James provoked the government’s hypocrisy when it proposed the Minimum Service Levels Act, which will force workers to go to work even after a legal vote to strike. “I think a class should always have a qualified teacher in front of it. This is the minimum service we want. But talk to any parent and they will tell you that their children have been tutored for months – that is not true. Initial teacher education is declining, it’s at its lowest level in a decade, and you’re losing teachers like me because it’s just not economical to stay.”
Andrew said: “I am not happy that the government is saying ‘if you call off the strikes we will start talks’ as there should be no strings attached and we have a right to strike. He continued: “I think there should be a general strike. I’m not a fan of regional strikes as a national strike is more effective. Everyone should go on strike and support it.”
Rachel, an elementary school teacher in her first full year, explained: “The funding for the schools is absolutely unsustainable and the children are not getting enough. The working conditions have a very visible effect on the children every day. If a child needs additional instructional support, the school must decide which child will receive the year’s education, health and care plan to fund the support, as well as the distribution of teaching assistants.
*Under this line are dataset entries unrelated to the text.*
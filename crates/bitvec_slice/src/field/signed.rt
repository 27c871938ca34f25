//! Signed numbers in slices of bits, as two's complements.

ghost use Rattle.std.specs.Prelude.{◌≡◌, ℕ, ℤ, ◌^◌, ◌<◌, ◌≤◌, ◌↔◌, IsSome, IfSome, false, true};
ghost use Rattle.std.specs.Prelude.{length};
ghost use Rattle.std.proofs.Common.{lit≤};
ghost use Rattle.bitvec_slice.specs.Field.{field_number, field_list};
ghost use Rattle.bitvec_slice.specs.Signed.{signed_of, complement_of, FitsSignedDigits};

use crate::field::Sequential;
use crate::slice::{BitSlice, BitSliceMut};
use bitvec::mem::BitRegister;

/// A signed number type: `i8`, `i16`, `i32`, `i64`, `isize` or `i128`.
///
/// Not in the Rust crate, where one call takes signed and unsigned numbers.
pub trait SignedNumber: Copy {
    /// The width in bits, at most 128.
    const BITS: u8;

    ghost BITS: { ℕ };

    // The number that a value is.
    ghost number: { Self → ℤ };

    // The number is all of a value.
    ghost number_injective: { (a b : Self) → number a ≡ number b → a ≡ b };

    /// The number of the value.
    fn to_i128(self) -> i128
        ensures number { result ≡ number self }
        ensures digits { FitsSignedDigits BITS (number self) };

    /// The value of the number; `None` where it has more than `BITS` digits.
    fn from_i128(n: i128) -> Option<Self>
        ensures accepted { IsSome result ↔ FitsSignedDigits BITS n }
        ensures made { IfSome result (λ value. number value ≡ n) };

    ghost width_at_most_128: { BITS ≤ 128 };
}

impl SignedNumber for i8 {
    const BITS: u8 = 8;

    ghost BITS = { 8 };

    ghost number = { λ z. z };

    ghost number_injective = { λ a b same. same };

    fn to_i128(self) -> i128 {
        i128::from(self)
    }

    fn from_i128(n: i128) -> Option<i8> {
        i8::try_from(n).ok()
    }

    ghost width_at_most_128 = { lit≤ tt };
}

impl SignedNumber for i16 {
    const BITS: u8 = 16;

    ghost BITS = { 16 };

    ghost number = { λ z. z };

    ghost number_injective = { λ a b same. same };

    fn to_i128(self) -> i128 {
        i128::from(self)
    }

    fn from_i128(n: i128) -> Option<i16> {
        i16::try_from(n).ok()
    }

    ghost width_at_most_128 = { lit≤ tt };
}

impl SignedNumber for i32 {
    const BITS: u8 = 32;

    ghost BITS = { 32 };

    ghost number = { λ z. z };

    ghost number_injective = { λ a b same. same };

    fn to_i128(self) -> i128 {
        i128::from(self)
    }

    fn from_i128(n: i128) -> Option<i32> {
        i32::try_from(n).ok()
    }

    ghost width_at_most_128 = { lit≤ tt };
}

impl SignedNumber for i64 {
    const BITS: u8 = 64;

    ghost BITS = { 64 };

    ghost number = { λ z. z };

    ghost number_injective = { λ a b same. same };

    fn to_i128(self) -> i128 {
        i128::from(self)
    }

    fn from_i128(n: i128) -> Option<i64> {
        i64::try_from(n).ok()
    }

    ghost width_at_most_128 = { lit≤ tt };
}

impl SignedNumber for isize {
    const BITS: u8 = isize::BITS as u8;

    ghost BITS = { 64 };

    ghost number = { λ z. z };

    ghost number_injective = { λ a b same. same };

    fn to_i128(self) -> i128 {
        self as i128
    }

    fn from_i128(n: i128) -> Option<isize> {
        isize::try_from(n).ok()
    }

    ghost width_at_most_128 = { lit≤ tt };
}

impl SignedNumber for i128 {
    const BITS: u8 = 128;

    ghost BITS = { 128 };

    ghost number = { λ z. z };

    ghost number_injective = { λ a b same. same };

    fn to_i128(self) -> i128 {
        self
    }

    fn from_i128(n: i128) -> Option<i128> {
        Some(n)
    }

    ghost width_at_most_128 = { lit≤ tt };
}

// The signed number whose two's complement has these `len` digits.
#[inline(always)]
fn signed_number(digits: u128, len: usize) -> i128
    requires short { len ≤ 128 }
    requires below { digits < 2 ^ len }
    ensures value { result ≡ signed_of len digits }
    ensures fits { FitsSignedDigits len (signed_of len digits) }
{
    if len == 0 {
        return 0;
    }
    let ones = u128::MAX >> (128 - len);
    if digits <= ones / 2 {
        digits as i128
    } else {
        -1 - (ones - digits) as i128
    }
}

// The same as a value of a type that is wide enough.
#[inline(always)]
fn signed_value<N: SignedNumber>(digits: u128, len: usize) -> N
    requires wide { len ≤ N.BITS }
    requires below { digits < 2 ^ len }
    ensures { N.number result ≡ signed_of len digits }
{
    N::from_i128(signed_number(digits, len)).unwrap()
}

impl<'a, R: BitRegister, O: Sequential<R>> BitSlice<'a, R, O> {
    ghost use Rattle.bitvec_slice.specs.BitSlice.{slice_span, slice_len, slice_bits};

    /// The signed number whose two's complement the bits are, in the order of
    /// [`load_le`](BitSlice::load_le): that call's number, less two to the length where the
    /// highest of its digits is one. No bits are 0.
    ///
    /// Requires no more bits than the number type has. Costs by words. In the Rust crate it is the
    /// call of the unsigned numbers.
    ///
    /// # Examples
    ///
    /// ```
    /// let memory = [0x2Cu8];
    /// let span: BitSpan<u8, Lsb0> = BitSpan::at(2, 4).unwrap();
    /// let slice = BitSlice::new(span, &memory).ok_or("outside")?;
    /// assert_eq!(rt; slice.load_le::<u8>(), 11);
    /// assert_eq!(rt; slice.load_signed_le::<i8>(), -5);
    /// ```
    pub fn load_signed_le<N: SignedNumber>(&self) -> N
        requires { slice_len self.now ≤ N.BITS }
        ensures { let bits = slice_bits self.now in N.number result ≡ signed_of (length bits)
            (field_number false R.BITS O.RISES (slice_span self.now).head bits) }
    {
        signed_value(self.load_le(), self.len())
    }

    /// The signed number whose two's complement the bits are, in the order of
    /// [`load_be`](BitSlice::load_be): that call's number, less two to the length where the
    /// highest of its digits is one. No bits are 0.
    ///
    /// Requires no more bits than the number type has. Costs by words. In the Rust crate it is the
    /// call of the unsigned numbers.
    pub fn load_signed_be<N: SignedNumber>(&self) -> N
        requires { slice_len self.now ≤ N.BITS }
        ensures { let bits = slice_bits self.now in N.number result ≡ signed_of (length bits)
            (field_number true R.BITS O.RISES (slice_span self.now).head bits) }
    {
        signed_value(self.load_be(), self.len())
    }
}

impl<'a, R: BitRegister, O: Sequential<R>> BitSliceMut<'a, R, O> {
    ghost use Rattle.bitvec_slice.specs.BitSliceMut.{lent_span, lent_len, lent_bits, BecomesBits};

    /// The number that [`load_signed_le`](BitSlice::load_signed_le) of
    /// [`as_bitslice`](BitSliceMut::as_bitslice) gives. Requires no more bits than the number type
    /// has. Costs by words.
    pub fn load_signed_le<N: SignedNumber>(&self) -> N
        requires { lent_len self.now ≤ N.BITS }
        ensures { let bits = lent_bits self.now in N.number result ≡ signed_of (length bits)
            (field_number false R.BITS O.RISES (lent_span self.now).head bits) }
    {
        self.as_bitslice().load_signed_le()
    }

    /// The number that [`load_signed_be`](BitSlice::load_signed_be) of
    /// [`as_bitslice`](BitSliceMut::as_bitslice) gives. Requires no more bits than the number type
    /// has. Costs by words.
    pub fn load_signed_be<N: SignedNumber>(&self) -> N
        requires { lent_len self.now ≤ N.BITS }
        ensures { let bits = lent_bits self.now in N.number result ≡ signed_of (length bits)
            (field_number true R.BITS O.RISES (lent_span self.now).head bits) }
    {
        self.as_bitslice().load_signed_be()
    }

    /// Makes the bits the lowest digits of a signed number's two's complement, one for each bit, in
    /// the order of [`store_le`](BitSliceMut::store_le). Where the number has no more digits than
    /// there are bits, [`load_signed_le`](BitSliceMut::load_signed_le) gives it back.
    ///
    /// Requires no more bits than the number type has. Costs by words. In the Rust crate it is the
    /// call of the unsigned numbers.
    ///
    /// # Examples
    ///
    /// ```
    /// let mut memory = [0u8];
    /// let span: BitSpan<u8, Lsb0> = BitSpan::at(2, 4).unwrap();
    /// let mut slice = BitSliceMut::new_unchecked(span, &mut memory);
    /// slice.store_signed_le(-5i32);
    /// assert_eq!(rt; slice.load_signed_le::<i64>(), -5);
    /// drop(slice);
    /// assert_eq!(rt; memory, [0x2C]);
    /// ```
    pub fn store_signed_le<N: SignedNumber>(&mut self, value: N)
        requires { lent_len self.old ≤ N.BITS }
        ensures stored { let count = length (lent_bits self.old)
            in BecomesBits self.old self.new (field_list false R.BITS O.RISES
            (lent_span self.old).head count (complement_of count (N.number value))) }
        ensures loaded { let count = length (lent_bits self.old) in FitsSignedDigits count (N.number
            value) → signed_of count (field_number false R.BITS O.RISES (lent_span self.new).head
            (lent_bits self.new)) ≡ N.number value }
    {
        self.store_le(value.to_i128().cast_unsigned());
    }

    /// Makes the bits the lowest digits of a signed number's two's complement, one for each bit, in
    /// the order of [`store_be`](BitSliceMut::store_be). Where the number has no more digits than
    /// there are bits, [`load_signed_be`](BitSliceMut::load_signed_be) gives it back.
    ///
    /// Requires no more bits than the number type has. Costs by words. In the Rust crate it is the
    /// call of the unsigned numbers.
    pub fn store_signed_be<N: SignedNumber>(&mut self, value: N)
        requires { lent_len self.old ≤ N.BITS }
        ensures stored { let count = length (lent_bits self.old)
            in BecomesBits self.old self.new (field_list true R.BITS O.RISES
            (lent_span self.old).head count (complement_of count (N.number value))) }
        ensures loaded { let count = length (lent_bits self.old) in FitsSignedDigits count (N.number
            value) → signed_of count (field_number true R.BITS O.RISES (lent_span self.new).head
            (lent_bits self.new)) ≡ N.number value }
    {
        self.store_be(value.to_i128().cast_unsigned());
    }
}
Only certain children will receive this support, which leaves it up to the class teacher to support all other children.”
Regarding the regional strike action organized by NEU, she said: “A national strike is more effective. Our voice is one. There is money, it’s a choice where that money goes. The government has chosen not to give it to children or their teachers.”
katy, an elementary school teacher, told our reporters, “The workload has increased every year that I’ve taught — for 23 years. I regularly work 55-60 hours a week. The younger teachers who come into the profession burn out.
“The government has chosen not to fund education fairly, just as it chooses not to fund local authorities fairly. The decisions that local authorities have to make about funding impact schools and special education and disability services and it’s just appalling. At the end there are children who suffer.
“I would support a general strike because when people work together you send a stronger signal to those in power. We teach our children to work together, to work together, because you achieve more as a team and the same goes for adults!”